Anyone who knows me knows I write a lot of R. I wrote a book on it. I solved all of the
Advent of Code 2022 puzzles in strictly base R (I really need to write that post).

Now, R (unfortunately) doesn’t have any comprehensions, list or otherwise, so I started to
wonder how I would do this in R. The best I can come up with is

expand.grid(a=1:10, b=1:10, c=1:10) |>
  dplyr::filter(a^2 + b^2 == c^2 & 
                  a + b + c == 24 & 
                  a < b & 
                  b < c)
##   a b  c
## 1 6 8 10

but that involves explicitly creating all 1000 combinations of a, b, and c. There
may be a multi-step way to limit the grid to \(a < b\) and \(b < c\) but that’s more code. Maybe the
Haskell solution also has to generate these behind the scenes, but it isn’t up to the user to
do that, so it feels nicer. I like the filter() verb here – technically the & joining is
redundant and I could have passed each condition as its own argument. expand.grid() is one
of those underutilised functions that comes in very handy sometimes – or its cousin
tidyr::crossing() which wraps this and additionally performs de-duplication and sorting.
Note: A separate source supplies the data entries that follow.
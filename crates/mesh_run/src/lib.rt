//! The run of a scenario: from the bytes that come in to the text that goes out.

#![tactic(auto)]

mod carrier;
mod fault;
mod generated;
mod input;
mod kept_text;
mod line;
mod output;
mod pieces;
mod program;
mod report;
mod routes;
mod runner;
mod time;

pub use program::{
    FINISHED, LIMITED, OUT_OF_MEMORY, READ_FAULT, REFUSED, USAGE, WRITE_FAULT, batmesh,
};
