//! What the error output is told of a fault.

ghost use Rattle.std.specs.Prelude.{◌≡◌, ◌≤◌, OnOk, OnErr};
ghost use Rattle.std.specs.Io.KnownBytes.{Appends};
ghost use Rattle.mesh_base.specs.Faults.{Rose};
ghost use Rattle.mesh_run.specs.Inner.Reading.{fault_text};
ghost use Rattle.mesh_model.specs.Text.Messages.{halt_text, limit_words, refusal_words, stop_words};

use crate::fault::Fault;
use mesh_base::{Failed, Sink, write_all};
use mesh_model::{LimitName, Refusal, Stop};

/// The words of a refusal.
fn refusal_words(refusal: Refusal) -> &'static [u8]
    ensures { result.now ≡ refusal_words refusal }
{
    match refusal {
        Refusal::BadUtf8 => b"bad utf-8",
        Refusal::UnknownCommand => b"unknown command",
        Refusal::MissingWord => b"missing word",
        Refusal::BadName => b"bad name",
        Refusal::BadMac => b"bad mac",
        Refusal::BadNumber => b"bad number",
        Refusal::OutOfRange => b"out of range",
        Refusal::ExtraWord => b"extra word",
        Refusal::UnknownName => b"unknown name",
        Refusal::WrongKind => b"wrong kind",
        Refusal::NameTaken => b"name taken",
        Refusal::AddressTaken => b"address taken",
        Refusal::SameNode => b"same node",
        Refusal::LinkTaken => b"link taken",
        Refusal::AlgoAfterNode => b"algo after node",
        Refusal::NoSuchFrame => b"no such frame",
        Refusal::Attached => b"attached",
        Refusal::BadRoute => b"bad route",
        Refusal::TimeBack => b"time back",
    }
}

/// The name of a limit.
fn limit_words(name: LimitName) -> &'static [u8]
    ensures { result.now ≡ limit_words name }
{
    match name {
        LimitName::Line => b"line",
        LimitName::Input => b"input",
        LimitName::Nodes => b"nodes",
        LimitName::Links => b"links",
        LimitName::Lans => b"lans",
        LimitName::Clients => b"clients",
        LimitName::Vlans => b"vlans",
        LimitName::Frames => b"frames",
        LimitName::FrameBytes => b"frame-bytes",
        LimitName::Cuts => b"cuts",
        LimitName::Clock => b"clock",
        LimitName::Pairs => b"pairs",
    }
}

/// Writes the words of a stop.
fn tell_stop<E: Sink>(err: &mut E, stop: Stop) -> Result<(), Failed>
    ensures told { OnOk result (Appends (E.taken err.old) (E.taken err.new) (stop_words stop)) }
    ensures cause { OnErr result (Rose (E.faults err.old) (E.faults err.new)) }
    ensures count { E.faults err.old ≤ E.faults err.new }
{
    match stop {
        Stop::Refused(refusal) => write_all(err, refusal_words(refusal))?,
        Stop::Limit(name) => {
            write_all(err, b"limit ")?;
            write_all(err, limit_words(name))?;
        }
    }
    Ok(())
}

/// Writes where and why a run halted, as a line. It takes no memory.
#[tactic(auto, unfolding(mesh_model::specs::Text::Messages::halt_text))]
pub fn tell_halt<E: Sink>(err: &mut E, line: u64, stop: Stop) -> Result<(), Failed>
    ensures told { OnOk result (Appends (E.taken err.old) (E.taken err.new)
        (halt_text (record { line = line; stop = stop }))) }
    ensures cause { OnErr result (Rose (E.faults err.old) (E.faults err.new)) }
    ensures count { E.faults err.old ≤ E.faults err.new }
{
    let mut digits = itoa::Buffer::new();
    write_all(err, b"batmesh: line ")?;
    write_all(err, digits.format(line).as_bytes())?;
    write_all(err, b": ")?;
    tell_stop(err, stop)?;
    write_all(err, b"\n")?;
    Ok(())
}

/// Writes the text of a fault. It takes no memory.
pub fn tell_fault<E: Sink>(err: &mut E, fault: Fault) -> Result<(), Failed>
    ensures told { OnOk result (Appends (E.taken err.old) (E.taken err.new) (fault_text fault)) }
    ensures cause { OnErr result (Rose (E.faults err.old) (E.faults err.new)) }
    ensures count { E.faults err.old ≤ E.faults err.new }
{
    match fault {
        Fault::Halted { line, stop } => tell_halt(err, line, stop)?,
        Fault::Read => write_all(err, b"batmesh: read fault\n")?,
        Fault::Write => write_all(err, b"batmesh: write fault\n")?,
        Fault::Memory => write_all(err, b"batmesh: out of memory\n")?,
    }
    Ok(())
}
Now that I know more languages, I felt I could explore this a bit further!

Python

In Python, which I feel is well-known for list comprehensions, this translates more
or less 1:1 to

[(a,b,c) for c in range(1,11) for b in range(1,c) for a in range(1,b) if ((a**2 + b**2) == c**2) if a+b+c==24]
[(6, 8, 10)]

Of course, ranges are specified differently, but otherwise this follows the Haskell
solution quite nicely, including the dynamic ranges of b and a which avoids needing
to search the entire 10*10*10 space.

I appreciate there’s a silly language war between Python and R but
honestly, a lot of stuff is written in Python and a lot of people write in Python.
I figure it’s better to understand that language for when I need it than to stick my
head in the sand and claim some sort of superiority. There’s bits I don’t like, sure,
but that doesn’t mean I shouldn’t learn it. I’m even registered and attending PyConAU next
weekend.

Rust

Rust is a fun language with easily the most helpful compiler ever made – you can make a
lot of mistakes, but the error messages and hints are unparalleled. I’m currently
taking Tim McNamara’s ‘How To Learn Rust’ course which has a
lot of practical lessons and I’ve built some fun things already. I completed the first 13 Advent of Code 2022 puzzles in Rust, after which it all
got a bit too complicated (and I do really need to write that post).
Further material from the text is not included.